The Divas of Pop/Soul. Some label it Oversoul. There were/are Whitney, Mariah, Celine, and a host of others. Each of them has at least one song that resonates with me--maybe it's the melody, perhaps the lyrics, very often the powerful and well-controlled voice. On YouTube, appearance and affect count for a lot, as does the audience's affirmation and involvement with singer and song. Then along comes Charice, who early makes her mark with her renditions of the two Whitney Houston blockbusters from the film The Bodyguard, _I Have Nothing_ and _I Will Always Love You_, songs that set an old softy like me reaching for the tissue box every time. If Charice never did anything other than this particular effort on this particular evening, she still would be remembered, by me anyway, with great affection, for it is all here.


----------



## Iean (Nov 17, 2015)

I like Charices' early work ( her first two albums)..but lately, she has been releasing forgettable songs which alienate even her most loyal Filipino fans (like me).

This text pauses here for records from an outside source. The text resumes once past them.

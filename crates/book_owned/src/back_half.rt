ghost use Rattle.std.specs.Prelude.{◌≡◌, ◌+◌, ◌^◌, ◌≤◌, ◌<◌, ℕ, List, false, length, take, All, IfSome};
ghost use Rattle.mdf_layout.specs.Layout.{Layout};
ghost use Rattle.mdf_layout.specs.declared.sample.Sample.{Sample};
ghost use Rattle.book_owned.specs.declared.mark.Mark.{Mark};
ghost use Rattle.book_owned.specs.BackHalf.{back_terms, BackKeeps, FileHolds, IsHanded, WriteKeeps, WriteAnswers};

use crate::{Mark, Written};
use mdf_disk::Disk;
use mdf_gate::{Block, GatedFile};
use std::marker::Model;

/// The file of a book whose front is elsewhere.
pub struct Back<D: Disk> {
    pub(crate) file: GatedFile<D>,
}

impl<D: Disk> Model for Back<D> {
    ghost use Rattle.mdf_gate.specs.Gated.{Gated};

    ghost Value = { Gated D };

    ghost view = { λ b. b.file };
}

impl<D: Disk> Back<D> {
    /// Writes a block that its front handed over, in four calls of the disk or fewer. It takes no memory. Of each list of samples
    /// and of marks that the file kept, and of which it held the samples before those of the block, it keeps them and the
    /// new mark, and holds the samples through that mark.
    pub fn write(&mut self, through: u64, mut block: Block) -> Written
        requires going { self.old.failed ≡ false }
        requires some { 1 ≤ length block.bytes }
        requires short { self.old.place + length block.bytes + 88 < 2 ^ 62 }
        ensures answer { WriteAnswers D.Disk self.old self.new through block result }
        ensures terms { back_terms D.Disk self.new ≡ back_terms D.Disk self.old }
        ensures later { D.faults self.old.disk ≤ D.faults self.new.disk }
        ensures clock { D.moment self.old.disk ≤ D.moment self.new.disk }
        ensures few { IfSome (D.story self.old.disk) (λ _. D.moment self.new.disk ≤ D.moment self.old.disk + 4) }
        ensures keeps { (layouts : List Layout) (most : ℕ) (samples : List Sample) (marks : List Mark) (from : ℕ)
            → BackKeeps D.Disk layouts self.old (take through samples) marks
            → FileHolds D.Disk layouts most self.old (take from samples)
            → IsHanded layouts most block samples from through
            → All (λ mark. mark.through ≤ from) marks
            → WriteKeeps D.Disk layouts most self.new samples marks through result }
    {
        let before = self.file.faults();
        let Ok(()) = self.file.append(&mut block) else {
            return Written::DiskFault {
                before,
                after: self.file.faults(),
                block,
            };
        };
        let mark = Mark {
            moment: self.file.moment(),
            through,
        };
        Written::Done { mark, block }
    }
}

I hope she works again with David Foster for her next album. :angel:


----------



## Strange Magic (Sep 14, 2015)

This particular cover by Charice of the two-song Whitney Houston medley remains, for me, Charice's once and for all time moment of wonderfulness; I did not follow her career beyond, though I see s(he) could be referred to as TAFKA Charice, or now, more accurately as Jake Zyrus. Still, a brief and shining episode in live pop performance for which I shall always be grateful.....


----------